As many are aware, the International Holocaust Remembrance Alliance Working Definition of Antisemitism has been another method used by Zionists to repress and punish anyone who speaks out in favour of Palestinians within public institutions, like universities. The IHRA is both a bad definition of antisemitism, proposing that it is a ‘certain perception of Jews.’ But, the major problem is that 7 out of the 11 examples provided of antisemitism relate to criticisms of Zionism and Israel. Taken together with the legislation of antisemitism as a hate crime, the adoption of the IHRA definition poses a particular problem because if its negative impact on antiracism. Institutions like universities often fold the IHRA definition into polices on diversity, equity and inclusion which are supposed to mitigate harm against groups at risk of institutionalised racism.

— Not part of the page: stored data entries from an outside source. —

//! The first line of a startup text: where the modules of each source are served.
ghost use Rattle.std.specs.Prelude.{◌≡◌, ◌++◌, OnOk, IfOk, IfSome, option_map, string_bytes};
ghost use Rattle.serde_json.specs.Data.{object};
ghost use Rattle.serde_json.specs.View.{members_view};
ghost use Rattle.rl_wire.specs.Line.{arguments_text};
ghost use Rattle.rl_wire.specs.Startup.{source_members, sources_arguments, sources_text, AreOrdered, AreSources};
ghost use Rattle.rl_wire.specs.StartupReading.{sources_among, if_sources, sources_in};
ghost use Rattle.rl_wire.specs.Tokens.{value_tokens, Adds};

use crate::read::{argument_in, object_in, text_in};
use crate::values::{take_out, text_of};
use json::Writer;
use rl_names::{NoMemory, Source, Text};
use serde_json::{Map, Value};
use std::alloc::Global;

/// Writes the addresses under the names of their sources.
fn write_sources(json: &mut Writer, sources: &[Source]) -> Result<(), NoMemory>
    ensures adds { Adds result json.old json.new (value_tokens (object (source_members sources.now))) }
    ensures sources { OnOk result (AreSources sources.now) }
{
    json.begin_object()?;
    'sources: for source in sources {
        json.key(source.name.as_str())?;
        json.string(source.url.as_str())?;
    }
    json.end_object()?;
    Ok(())
}

/// Adds what the line of the sources is given.
fn add_arguments(alloc: Global, out: &mut String, sources: &[Source]) -> Result<(), NoMemory>
    ensures text { OnOk result (string_bytes out.new ≡ string_bytes out.old ++ arguments_text (sources_arguments sources.now)) }
    ensures sources { OnOk result (AreSources sources.now) }
{
    let mut json = take_out(alloc, out);
    write_sources(&mut json, sources)?;
    *out = text_of(json);
    Ok(())
}

/// Adds the line of the sources, without its end.
pub(crate) fn add_sources(
    alloc: Global,
    out: &mut String,
    sources: &[Source],
) -> Result<(), NoMemory>
    ensures text { OnOk result (string_bytes out.new ≡ string_bytes out.old ++ sources_text sources.now) }
    ensures sources { OnOk result (AreSources sources.now) }
{
    out.push_str("mw.loader.addSource(")?;
    add_arguments(alloc, out, sources)?;
    out.push_str(");")?;
    Ok(())
}

/// The addresses of an object, under the names of their sources.
fn sources_among(alloc: Global, members: Map<String, Value>) -> Result<Vec<Source>, NoMemory>
    ensures value { IfOk result (λ v. v.items ≡ sources_among (members_view members.entries)) }
    ensures ordered { IfOk result (λ v. AreOrdered v.items) }
{
    let mut sources = Vec::with_capacity(alloc, members.len())?;
    'members: for (name, value) in members {
        if let Some(url) = text_in(value) {
            sources.push(Source {
                name: Text::from_string(name),
                url,
            })?;
        }
    }
    Ok(sources)
}

/// The sources, where the bytes are their line, without its end.
fn if_sources(
    alloc: Global,
    line: &[u8],
    sources: Vec<Source>,
) -> Result<Option<Vec<Source>>, NoMemory>
    ensures value { IfOk result (λ found. option_map (λ v. v.items) found ≡ if_sources line.now sources.items) }
    ensures found { IfOk result (λ found. IfSome found (λ v. v.items ≡ sources.items)) }
{
    let mut text = String::new(alloc);
    text.reserve(line.len())?;
    add_sources(alloc, &mut text, &sources)?;
    if text.as_bytes() == line {
        Ok(Some(sources))
    } else {
        Ok(None)
    }
}

/// The sources whose line the bytes are, without its end.
pub(crate) fn sources_in(alloc: Global, line: &[u8]) -> Result<Option<Vec<Source>>, NoMemory>
    ensures value { IfOk result (λ sources. option_map (λ v. v.items) sources ≡ sources_in line.now) }
    ensures ordered { IfOk result (λ sources. IfSome sources (λ v. AreOrdered v.items)) }
{
    let Some(argument) = argument_in(alloc, line, 20)? else {
        return Ok(None);
    };
    let Some(members) = object_in(argument) else {
        return Ok(None);
    };
    let sources = sources_among(alloc, members)?;
    if_sources(alloc, line, sources)
}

The attacks on the diversity, equity and inclusion by the Trump and other right-wing regimes in Europe, will not lead to a rolling back of the effects that the IHRA has had within institutions. Any approach to fighting these effects should not encourage the greater use of frameworks like DEI to define what racism is and is not, and how it should be tackled. Rather, groups need to struggle against the institutional cooptation and dilution of antiracist principles. As we have seen, there are rarely ways in which these can be used for truly radical ends.
In conclusion
How do we then talk about antisemitism and the memory of the Holocaust in light of the snapshot I have given today? There are many efforts being made to think about them relationally. Scholars such as Zoe Samudzi, and activists have proposed ways of thinking about the Holocaust continuously with colonial genocides. Others have stressed the need for solidarity between Jews and other negatively racialised groups. Many Jewish groups have been at the forefront of Palestine solidarity citing the Holocaust and antisemitism as a motivator for them. I am a participant in these efforts. However, I listen carefully to Palestinian critics, such as the Good Shepherd Collective, an organisation in Palestine, whose members warn that the central role accorded to anti-Zionist Jews can lead to a recentering of the significance of antisemitism as a key reference point for understanding racism, including racism by Jews against Palestinians.

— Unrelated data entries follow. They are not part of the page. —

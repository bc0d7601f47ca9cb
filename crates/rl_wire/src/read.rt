//! Reading answers: each line is read as the part whose line it is.
ghost use Rattle.std.specs.Prelude.{◌≡◌, ◌≢◌, ◌+◌, ◌≤◌, ◌<◌, [], ◌∷◌, ◌++◌, ℕ, map, length, take, drop, position, OnOk};
ghost use Rattle.std.specs.Prelude.{IfNone, IfOk, IfErr, IfSome, option_map, option_and_then, Some, None, Ok, Err, if◌then◌else◌};
ghost use Rattle.std.specs.List.{starts_with};
ghost use Rattle.serde_json.specs.Data.{object};
ghost use Rattle.serde_json.specs.View.{view, members_view};
ghost use Rattle.serde_json.specs.Find.{as_str, as_object};
ghost use Rattle.rl_wire.specs.Line.{part_text, wire_text, IsPart, IsInOrder, AreInOrder};
ghost use Rattle.rl_wire.specs.Message.{AreAscending};
ghost use Rattle.rl_names.specs.Meant.{ButForMemory};
ghost use Rattle.rl_wire.specs.Arguments.{list_in, arguments_in, first, is_line_end, line_told, TellsLine};
ghost use Rattle.rl_wire.specs.Reading.{key_in, styles_in, messages_among, implementation_by, implementation_in, kind_named, state_by, state_in, candidate};
ghost use Rattle.rl_wire.specs.Reading.{part_in, answer_of, LinesSayParts, AnswersSayParts};

use crate::error::WireError;
use crate::part::{Part, add_part};
use rl_names::{Key, KeyError, Message, NoMemory, Seq, StateKind, Text};
use serde_json::{Map, Value};
use std::alloc::Global;

const IMPLEMENT: &[u8; 20] = b"mw.loader.implement(";

/// The members of the JSON array that a text is.
fn list_in(alloc: Global, text: &[u8]) -> Result<Option<Vec<Value>>, NoMemory>
    ensures { IfOk result (λ list. option_map (λ v. map view v.items) list ≡ list_in text.now) }
{
    let value = match Value::from_slice(alloc, text) {
        Ok(value) => value,
        Err(error) if error.is_memory() => return Err(NoMemory),
        Err(_) => return Ok(None),
    };
    match value {
        Value::Array(values) => Ok(Some(values)),
        Value::Null | Value::Bool(_) | Value::Number(_) | Value::String(_) | Value::Object(_) => {
            Ok(None)
        }
    }
}

/// A text between brackets.
fn bracketed(alloc: Global, text: &[u8]) -> Result<Vec<u8>, NoMemory>
    ensures { IfOk result (λ v. v.items ≡ 91 ∷ (text.now ++ 93 ∷ [])) }
{
    let mut json = Vec::with_capacity(alloc, text.len().saturating_add(2))?;
    json.push(b'[')?;
    json.extend_from_slice(text)?;
    json.push(b']')?;
    Ok(json)
}

/// The arguments of a call, which stand behind so many bytes.
fn arguments_in(alloc: Global, line: &[u8], front: usize) -> Result<Option<Vec<Value>>, NoMemory>
    requires { front ≤ 20 }
    ensures { IfOk result (λ list. option_map (λ v. map view v.items) list ≡ arguments_in front line.now) }
{
    if line.len() < front + 2 {
        return Ok(None);
    }
    let json = bracketed(alloc, &line[front..line.len() - 2])?;
    list_in(alloc, &json)
}

/// The first argument of a call, which stands behind so many bytes.
pub(crate) fn argument_in(
    alloc: Global,
    line: &[u8],
    front: usize,
) -> Result<Option<Value>, NoMemory>
    requires { front ≤ 20 }
    ensures { IfOk result (λ value. option_map view value ≡ option_and_then first (arguments_in front line.now)) }
{
    match arguments_in(alloc, line, front)? {
        Some(arguments) => Ok(arguments.into_iter().next()),
        None => Ok(None),
    }
}

/// The text that a string is.
pub(crate) fn text_in(value: Value) -> Option<Text>
    ensures { result ≡ as_str (view value) }
{
    match value {
        Value::String(text) => Some(Text::from_string(text)),
        Value::Null | Value::Bool(_) | Value::Number(_) | Value::Array(_) | Value::Object(_) => {
            None
        }
    }
}

/// The key that a string spells.
fn key_in(alloc: Global, value: &Value) -> Result<Option<Key>, NoMemory>
    ensures { IfOk result (λ key. key ≡ key_in (view value.now)) }
{
    let Some(text) = value.as_str() else {
        return Ok(None);
    };
    match Key::split(alloc, text.as_bytes()) {
        Ok(key) => Ok(Some(key)),
        Err(KeyError::NoVersion) => Ok(None),
        Err(KeyError::BadVersion) => Ok(None),
        Err(KeyError::BadName) => Ok(None),
        Err(KeyError::NoMemory) => Err(NoMemory),
    }
}

/// The text under `css`.
fn styles_in(alloc: Global, value: &Value) -> Result<Option<Text>, NoMemory>
    ensures { IfOk result (λ text. text ≡ styles_in (view value.now)) }
{
    let Some(list) = value.get("css") else {
        return Ok(Some(Text::of(alloc, "")?));
    };
    let Some(first) = list.get(0usize) else {
        return Ok(None);
    };
    match first.as_str() {
        Some(text) => Ok(Some(Text::of(alloc, text)?)),
        None => Ok(None),
    }
}

/// The texts of an object, under their keys.
fn messages_in(alloc: Global, members: Map<String, Value>) -> Result<Vec<Message>, NoMemory>
    ensures value { IfOk result (λ v. v.items ≡ messages_among (members_view members.entries)) }
    ensures ascending { IfOk result (λ v. AreAscending v.items) }
{
    let mut messages = Vec::with_capacity(alloc, members.len())?;
    'members: for (key, value) in members {
        if let Some(text) = text_in(value) {
            messages.push(Message {
                key: Text::from_string(key),
                text,
            })?;
        }
    }
    Ok(messages)
}

/// The object that a value is.
pub(crate) fn object_in(value: Value) -> Option<Map<String, Value>>
    ensures { option_map (λ m. members_view m.entries) result ≡ as_object (view value) }
{
    match value {
        Value::Object(members) => Some(members),
        Value::Null | Value::Bool(_) | Value::Number(_) | Value::String(_) | Value::Array(_) => {
            None
        }
    }
}

/// The module of these arguments.
fn implementation_by(
    alloc: Global,
    key: &Value,
    script: Value,
    styles: &Value,
    messages: Value,
) -> Result<Option<Part>, NoMemory>
    ensures value { IfOk result (λ part. part ≡ implementation_by (view key.now) (view script) (view styles.now) (view messages)) }
    ensures in_order { IfOk result (λ part. IfSome part IsInOrder) }
{
    let Some(Key { name, version }) = key_in(alloc, key)? else {
        return Ok(None);
    };
    let Some(script) = text_in(script) else {
        return Ok(None);
    };
    let Some(styles) = styles_in(alloc, styles)? else {
        return Ok(None);
    };
    let Some(members) = object_in(messages) else {
        return Ok(None);
    };
    let messages = messages_in(alloc, members)?;
    Ok(Some(Part::Impl {
        name,
        version,
        script,
        styles,
        messages: Seq::of(messages),
    }))
}

fn implementation_in(alloc: Global, arguments: Vec<Value>) -> Result<Option<Part>, NoMemory>
    ensures value { IfOk result (λ part. part ≡ implementation_in (map view arguments.items)) }
    ensures in_order { IfOk result (λ part. IfSome part IsInOrder) }
{
    let mut arguments = arguments.into_iter();
    let (Some(key), Some(script), Some(styles), Some(messages), None) = (
        arguments.next(),
        arguments.next(),
        arguments.next(),
        arguments.next(),
        arguments.next(),
    ) else {
        return Ok(None);
    };
    implementation_by(alloc, &key, script, &styles, messages)
}

fn kind_named(word: &str) -> Option<StateKind>
    ensures { result ≡ kind_named word.now }
{
    if word == "missing" {
        Some(StateKind::Missing)
    } else if word == "error" {
        Some(StateKind::Error)
    } else {
        None
    }
}

/// The state that the first member of an object gives.
fn state_by(mut members: Map<String, Value>) -> Option<Part>
    ensures { result ≡ state_by (members_view members.entries) }
{
    let (name, value) = members.pop_first()?;
    let kind = kind_named(value.as_str()?)?;
    Some(Part::State {
        name: Text::from_string(name),
        kind,
    })
}

fn state_in(arguments: Vec<Value>) -> Option<Part>
    ensures value { result ≡ state_in (map view arguments.items) }
    ensures in_order { IfSome result IsInOrder }
{
    let mut arguments = arguments.into_iter();
    let (Some(state), None) = (arguments.next(), arguments.next()) else {
        return None;
    };
    state_by(object_in(state)?)
}

/// The part that a line may be the line of.
fn candidate(alloc: Global, line: &[u8]) -> Result<Option<Part>, NoMemory>
    ensures value { IfOk result (λ part. part ≡ candidate line.now) }
    ensures in_order { IfOk result (λ part. IfSome part IsInOrder) }
{
    if line.starts_with(IMPLEMENT) {
        match arguments_in(alloc, line, 20)? {
            Some(arguments) => implementation_in(alloc, arguments),
            None => Ok(None),
        }
    } else {
        match arguments_in(alloc, line, 16)? {
            Some(arguments) => Ok(state_in(arguments)),
            None => Ok(None),
        }
    }
}

/// The part whose line the bytes are, without its end; none exactly where they are no part's line.
pub fn read_part(alloc: Global, line: &[u8]) -> Result<Option<Part>, NoMemory>
    ensures value { IfOk result (λ part. part ≡ part_in line.now) }

    // What is read is a part, and the bytes are its line.
    ensures part { IfOk result (λ part. IfSome part IsPart) }
    ensures in_order { IfOk result (λ part. IfSome part IsInOrder) }
    ensures written { IfOk result (λ part. IfSome part (λ p. part_text p ≡ line.now)) }

    // Where nothing is read, the bytes are the line of no part.
    ensures none { IfOk result (λ part. IfNone part ((p : Part) → IsPart p → part_text p ≢ line.now)) }
{
    let Some(part) = candidate(alloc, line)? else {
        return Ok(None);
    };
    let mut text = String::new(alloc);
    text.reserve(line.len())?;
    add_part(alloc, &mut text, &part)?;
    if text.as_bytes() == line {
        Ok(Some(part))
    } else {
        Ok(None)
    }
}

/// The line of each part says that part, and no other text says it. An answer says its parts, no
/// other text says them, and of any other text the first bad line is told. So each text has one value.
pub fn reading_laws()
    ensures lines { LinesSayParts }
    ensures answers { AnswersSayParts }
{}

/// The place of the first line end.
fn line_end(bytes: &[u8]) -> Option<usize>
    ensures value { result ≡ position is_line_end bytes.now }
    ensures within { IfSome result (λ at. at < length bytes.now) }
{
    bytes.iter().position(|b| *b == b'\n')
}

/// The first line, without its end, and what stands behind it.
pub(crate) fn cut_line(bytes: &[u8]) -> Option<(&[u8], &[u8])>
    ensures none { IfNone result (position is_line_end bytes.now ≡ None) }
    ensures some { IfSome result (λ p. (at : ℕ) × (position is_line_end bytes.now ≡ Some at)
        × (p.0.now ≡ take at bytes.now) × (p.1.now ≡ drop (at + 1) bytes.now)) }
    ensures shorter { IfSome result (λ p. length p.1.now < length bytes.now) }
{
    match line_end(bytes) {
        Some(at) => {
            let (line, rest) = bytes.split_at(at);
            Some((line, &rest[1..]))
        }
        None => None,
    }
}

fn push(parts: &mut Vec<Part>, part: Part) -> Result<(), NoMemory>
    ensures { OnOk result (parts.new.items ≡ parts.old.items ++ part ∷ []) }
{
    parts.push(part)?;
    Ok(())
}

/// The parts of an answer, or the first line that is no part's line with its end.
pub fn read_answer(alloc: Global, bytes: &[u8]) -> Result<Vec<Part>, WireError>
    ensures answer { ButForMemory line_told (λ v. answer_of bytes.now ≡ Ok v.items) (TellsLine (answer_of bytes.now)) result }

    // The bytes are the text of what is read, whose messages are in order.
    ensures written { IfOk result (λ v. wire_text v.items ≡ bytes.now) }
    ensures in_order { IfOk result (λ v. AreInOrder v.items) }
{
    let mut parts = Vec::new(alloc);
    let mut rest = bytes;
    let mut number: u32 = 0;
    'lines: while !rest.is_empty() {
        number = number.saturating_add(1);
        let Some((line, more)) = cut_line(rest) else {
            return Err(WireError::BadLine { line: number });
        };
        let Some(part) = read_part(alloc, line)? else {
            return Err(WireError::BadLine { line: number });
        };
        push(&mut parts, part)?;
        rest = more;
    }
    Ok(parts)
}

I think it is very important to take this on board, not because Jews must diminish our history out of a sense of guilt for the present - a common affect within Jewish anti-Zionist organising - but because I believe that a view of racism that differentiates its various form is not useful from the standpoint of antiracism. While we can study the way different racisms take shape and develop, we are very simply for racism or against it.

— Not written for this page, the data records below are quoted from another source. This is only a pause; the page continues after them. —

ghost use Rattle.std.specs.Prelude.{◌≡◌, Option, Some, flat_map, slice_get, IfOk};
ghost use Rattle.std.specs.Option.{option_copied};
ghost use Rattle.mt_syntax.specs.First.{first_of};
ghost use Rattle.mt_syntax.specs.Fold.{on_expr};
ghost use Rattle.mt_stage_declared.specs.Declarations.{declared_in_file};
ghost use Rattle.mt_stage_scopes.specs.Bound.{at_top, in_dollar};
ghost use Rattle.mt_stage_scopes.specs.Misused.{broken_at_client_site, broken_at_site, broken_in_body, broken_in_dollar, broken_in_tilde, misused_names};
ghost use Rattle.mt_stage_scopes.specs.Sites.{sites, sites_of_stmts, sites_of_tilde};

use crate::around::Around;
use crate::globals::client_globals;
use crate::rules::broken_by_name;
use crate::site::Site;
use crate::sites::{block_scope, expr, stmts};
use mt_stage_declared::{Scope, declared_in_file};
use mt_syntax::{Broken, Expr, Program, Stmt, Tilde, earlier};
use mt_tree::{NoMemory, Row};
use std::alloc::Global;

// The tildes of a program, and the client globals that they declare.
#[derive(Clone, Copy)]
struct Client<'a> {
    alloc: Global,
    tildes: &'a [Tilde],
    globals: &'a Scope,
}

// Each call finds the first broken place in what it is given, where tildes may nest in one another so many levels deep.
impl Client<'_> {
    #[cycle(misused)]
    fn at_sites(&self, levels: usize, list: &[Site]) -> Result<Option<Broken>, NoMemory>
        ensures { IfOk result (λ found. found ≡ first_of (flat_map (broken_at_site self.now.globals.now (broken_in_tilde self.now.globals.now self.now.tildes.now levels)) list.now)) }
    {
        let mut found = None;
        for site in list {
            found = earlier(found, self.at_site(levels, site)?);
        }
        Ok(found)
    }

    #[cycle(misused)]
    fn at_site(&self, levels: usize, site: &Site) -> Result<Option<Broken>, NoMemory>
        ensures { IfOk result (λ found. found ≡ first_of (broken_at_site self.now.globals.now (broken_in_tilde self.now.globals.now self.now.tildes.now levels) site.now)) }
    {
        match site {
            Site::Name(name, around) => Ok(broken_by_name(self.globals, around, name)),
            Site::Tilde(id, around) => self.tilde(levels, *id, around),
            Site::Dollar(_at, _around) => Ok(None),
        }
    }

    // In a tilde, by its number.
    #[cycle(misused)]
    fn tilde(&self, levels: usize, id: u32, around: &Around) -> Result<Option<Broken>, NoMemory>
        ensures { IfOk result (λ found. found ≡ first_of (broken_in_tilde self.now.globals.now self.now.tildes.now levels id around.now)) }
    {
        if levels == 0 {
            return Ok(None);
        }
        self.body(levels - 1, item_at(self.tildes, id), around)
    }

    #[cycle(misused)]
    fn body(
        &self,
        levels: usize,
        tilde: Option<&Tilde>,
        around: &Around,
    ) -> Result<Option<Broken>, NoMemory>
        ensures { IfOk result (λ found. found ≡ first_of (broken_in_body self.now.globals.now (broken_in_tilde self.now.globals.now self.now.tildes.now levels) (option_copied tilde.entry) around.now)) }
    {
        match tilde {
            None => Ok(None),
            Some(tilde) => {
                let list = sites_of_tilde(self.alloc, &tilde.body, around)?;
                self.at_client_sites(levels, list.as_slice(), &tilde.dollars)
            }
        }
    }

    #[cycle(misused)]
    fn at_client_sites(
        &self,
        levels: usize,
        list: &[Site],
        dollars: &Row<Expr>,
    ) -> Result<Option<Broken>, NoMemory>
        ensures { IfOk result (λ found. found ≡ first_of (flat_map (broken_at_client_site self.now.globals.now (broken_in_tilde self.now.globals.now self.now.tildes.now levels) dollars.now) list.now)) }
    {
        let mut found = None;
        for site in list {
            found = earlier(found, self.at_client_site(levels, site, dollars)?);
        }
        Ok(found)
    }

    // Directly in a tilde with these dollars.
    #[cycle(misused)]
    fn at_client_site(
        &self,
        levels: usize,
        site: &Site,
        dollars: &Row<Expr>,
    ) -> Result<Option<Broken>, NoMemory>
        ensures { IfOk result (λ found. found ≡ first_of (broken_at_client_site self.now.globals.now (broken_in_tilde self.now.globals.now self.now.tildes.now levels) dollars.now site.now)) }
    {
        match site {
            Site::Dollar(at, around) => self.dollar(levels, item_at(dollars.items(), *at), around),
            Site::Name(_, _) | Site::Tilde(_, _) => self.at_site(levels, site),
        }
    }

    #[cycle(misused)]
    fn dollar(
        &self,
        levels: usize,
        from: Option<&Expr>,
        around: &Around,
    ) -> Result<Option<Broken>, NoMemory>
        ensures { IfOk result (λ found. found ≡ first_of (broken_in_dollar self.now.globals.now (broken_in_tilde self.now.globals.now self.now.tildes.now levels) (option_copied from.entry) around.now)) }
    {
        match from {
            None => Ok(None),
            Some(from) => {
                let list = sites_of_dollar(self.alloc, from, around)?;
                self.at_sites(levels, list.as_slice())
            }
        }
    }
}

fn item_at<T>(items: &[T], at: u32) -> Option<&T>
    ensures { option_copied result ≡ slice_get items.now at }
{
    items.get(at as usize)
}

fn sites_of_dollar(alloc: Global, from: &Expr, around: &Around) -> Result<Vec<Site>, NoMemory>
    ensures { IfOk result (λ list. list.items ≡ (on_expr sites from.now).found.sites (in_dollar around.now)) }
{
    let mut list = Vec::new(alloc);
    expr(alloc, from, &around.in_dollar()?, &mut list)?;
    Ok(list)
}

fn sites_of_stmts(alloc: Global, items: &Row<Stmt>, around: &Around) -> Result<Vec<Site>, NoMemory>
    ensures { IfOk result (λ list. list.items ≡ sites_of_stmts items.now around.now) }
{
    let mut list = Vec::new(alloc);
    stmts(alloc, items, around, &mut list)?;
    Ok(list)
}

fn sites_of_tilde(alloc: Global, body: &Row<Stmt>, around: &Around) -> Result<Vec<Site>, NoMemory>
    ensures { IfOk result (λ list. list.items ≡ sites_of_tilde body.now around.now) }
{
    let inner = around.in_tilde(alloc, block_scope(alloc, body)?)?;
    sites_of_stmts(alloc, body, &inner)
}

fn file_scope(alloc: Global, items: &Row<Stmt>) -> Result<Scope, NoMemory>
    ensures { IfOk result (λ scope. scope ≡ declared_in_file items.now) }
{
    let mut all = Vec::new(alloc);
    declared_in_file(items, &mut all)?;
    Scope::new(alloc, all)
}

fn sites_of_file(alloc: Global, items: &Row<Stmt>) -> Result<Vec<Site>, NoMemory>
    ensures { IfOk result (λ list. list.items ≡ sites_of_stmts items.now (at_top (declared_in_file items.now))) }
{
    let around = Around::at_top(alloc, file_scope(alloc, items)?)?;
    sites_of_stmts(alloc, items, &around)
}

/// The first name of the program that is used where it may not be, with the lowest of the rules of S5 to S8 that it breaks.
/// `None` exactly where each name may be used at its place. Takes time in proportion to the program's size and the depth of its tree.
///
/// # Errors
/// `NoMemory`.
pub fn misused_name(alloc: Global, program: &Program) -> Result<Option<Broken>, NoMemory>
    ensures { IfOk result (λ found. found ≡ first_of (misused_names program.now)) }
{
    let tildes = program.tildes.items();
    let globals = client_globals(alloc, tildes)?;
    let top = sites_of_file(alloc, &program.items)?;
    let levels = tildes.len() + 1;
    let client = Client {
        alloc,
        tildes,
        globals: &globals,
    };
    client.at_sites(levels, top.as_slice())
}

The Zionist tactic is to distinguish antisemitism as a special form of racism that is portrayed as existing outside of history, in the atmosphere, and ever-present. This colludes with a racist reading of racism, often paradoxically upheld by liberal antiracist activists and researchers, that racism is the ahistorical product of perennial prejudices.
We may have to have some difficult conversations, but I believe these are fundamental in the time of fascism, that - for many - is already here.